● **WORK REQUIRED**:
Determine the number of lines in the entries below in which the word "requires" appears, and reply with that number only.

● **AVAILABLE DATA**:
// The four stages of the method.
ghost use Rattle.std.specs.Prelude.{◌≡◌, ◌^◌, ◌<◌, ◌≤◌, true, unsigned_abs};
ghost use Rattle.pricing.specs.Limits.{activations_in_range, base_grain, imbalance_limit, offer_limit};
ghost use Rattle.pricing.specs.Fractions.{Bounded};
ghost use Rattle.pricing.specs.Stages.{side_of, activations_on, bid_on, toward as toward_of, activated_kwh, cost as cost_of, activated_cost, base_of, margin_quarters, beside_index, scaled as scaled_of, scaled_if_large, candidates_of, goes_first, preferred as preferred_of, decisive as decisive_of};

use crate::derivation::{Base, Candidate, Candidates, Origin, Side, Stage};
use crate::figures::{Activation, Activations, SystemFigures};
use crate::fraction::Fraction;
use refusal::Reason;
use std::cmp::Ordering;

// The system imbalance beyond which the base is scaled.
const LARGE_IMBALANCE_KWH: u32 = 50_000;

// The least margin on the index, in stotinki per MWh.
const LEAST_MARGIN: u32 = 1_000;

impl SystemFigures {
    // The side that the system is on; none where it is in balance.
    pub(crate) fn side(&self) -> Option<Side>
        ensures { result ≡ side_of self.now.imbalance_kwh }
    {
        match self.imbalance_kwh.cmp(&0) {
            Ordering::Greater => Some(Side::Surplus),
            Ordering::Less => Some(Side::Shortage),
            Ordering::Equal => None,
        }
    }

    // By side, as the bid below is; one picks a struct and one an option, so neither serves for both.
    pub(crate) fn activations_on(&self, side: Side) -> Activations
        ensures { result ≡ activations_on side self.now }
    {
        match side {
            Side::Surplus => self.downward,
            Side::Shortage => self.upward,
        }
    }

    pub(crate) fn bid_on(&self, side: Side) -> Option<i32>
        ensures { result ≡ bid_on side self.now }
    {
        match side {
            Side::Surplus => self.downward_bid,
            Side::Shortage => self.upward_bid,
        }
    }
}

impl Side {
    // An amount, down at a surplus and up at a shortage.
    fn toward(self, amount: u64) -> i64
        requires { amount < 2 ^ 63 }
        ensures { result ≡ toward_of self amount }
    {
        match self {
            Side::Surplus => -(amount as i64),
            Side::Shortage => amount as i64,
        }
    }

    // Whether the first of two comes before the second: at a surplus the lesser, at a shortage the greater.
    fn goes_first(self, one: Fraction, other: Fraction) -> bool
        ensures { result ≡ goes_first self one other }
    {
        match self {
            Side::Surplus => one.at_most(other),
            Side::Shortage => other.at_most(one),
        }
    }

    fn preferred(self, one: Candidate, other: Candidate) -> Candidate
        ensures { result ≡ preferred_of self one other }
    {
        if self.goes_first(one.value, other.value) {
            one
        } else {
            other
        }
    }
}

impl Activation {
    fn cost(&self) -> i64
        ensures { result ≡ cost_of self.now }
    {
        i64::from(self.price) * i64::from(self.kwh)
    }
}

impl Activations {
    fn kwh(&self) -> u64
        ensures { result ≡ activated_kwh self.now }
    {
        u64::from(self.automatic.kwh)
            + (u64::from(self.manual.kwh) + u64::from(self.replacement.kwh))
    }

    fn cost(&self) -> i64
        requires { activations_in_range self.now ≡ true }
        ensures { result ≡ activated_cost self.now }
    {
        self.automatic.cost() + (self.manual.cost() + self.replacement.cost())
    }
}

// First: the mean price of what was activated, weighted by energy, or else the bid.
pub(crate) fn base(activations: &Activations, bid: Option<i32>) -> Result<Base, Reason>
    requires { activations_in_range activations.now ≡ true }
    ensures { result ≡ base_of activations.now bid }
{
    let kwh = activations.kwh();
    if kwh > 0 {
        let value = Fraction {
            numerator: activations.cost(),
            denominator: kwh,
        };
        return Ok(Base {
            origin: Origin::Mean,
            value,
        });
    }
    let price = bid.ok_or(Reason::NoBase)?;
    let value = Fraction {
        numerator: i64::from(price),
        denominator: 1,
    };
    Ok(Base {
        origin: Origin::Bid,
        value,
    })
}

// A quarter of the index's size, but at least 1,000; in quarters.
fn margin_quarters(index: i32) -> u64
    ensures { result ≡ margin_quarters index }
{
    u64::from(index.unsigned_abs().max(4 * LEAST_MARGIN))
}

// A quarter of an hour in which the system is off balance, with figures in range.
#[derive(Clone, Copy)]
pub(crate) struct OffBalance {
    pub(crate) side: Side,
    pub(crate) imbalance_kwh: u32,
    pub(crate) index: i32,
    pub(crate) base: Base,
    ghost few: { imbalance_kwh ≤ imbalance_limit },
    ghost near: { unsigned_abs index ≤ offer_limit },
    ghost bounded: { Bounded offer_limit base_grain base.value },
}

impl OffBalance {
    // Second: the index and its margin, on the side's way.
    fn beside_index(self) -> Fraction
        ensures { result ≡ beside_index self.side self.index }
    {
        Fraction {
            numerator: 4 * i64::from(self.index) + self.side.toward(margin_quarters(self.index)),
            denominator: 4,
        }
    }

    // The base's size in proportion to the imbalance.
    fn scaled(self) -> Fraction
        ensures { result ≡ scaled_of self.side self.imbalance_kwh self.base.value }
    {
        let Fraction {
            numerator,
            denominator,
        } = self.base.value;
        Fraction {
            numerator: self
                .side
                .toward(u64::from(self.imbalance_kwh) * numerator.unsigned_abs()),
            denominator: u64::from(LARGE_IMBALANCE_KWH) * denominator,
        }
    }

    // Third: that only if the imbalance is large.
    fn scaled_if_large(self) -> Option<Fraction>
        ensures { result ≡ scaled_if_large self.side self.imbalance_kwh self.base.value }
    {
        if self.imbalance_kwh > LARGE_IMBALANCE_KWH {
            Some(self.scaled())
        } else {
            None
        }
    }

    pub(crate) fn candidates(self) -> Candidates
        ensures { result ≡ candidates_of self.side self.imbalance_kwh self.index self.base }
    {
        Candidates {
            base: self.base,
            index: self.beside_index(),
            scaled: self.scaled_if_large(),
        }
    }
}

impl Side {
    // Fourth: the least of the candidates at a surplus, the greatest at a shortage.
    pub(crate) fn decisive(self, candidates: Candidates) -> Candidate
        ensures { result ≡ decisive_of self candidates }
    {
        let base = Candidate {
            stage: Stage::First,
            value: candidates.base.value,
        };
        let index = Candidate {
            stage: Stage::Second,
            value: candidates.index,
        };
        let of_two = self.preferred(base, index);
        let Some(value) = candidates.scaled else {
            return of_two;
        };
        let scaled = Candidate {
            stage: Stage::Third,
            value,
        };
        self.preferred(of_two, scaled)
    }
}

● **SOLUTION TO THE PROBLEM**:
3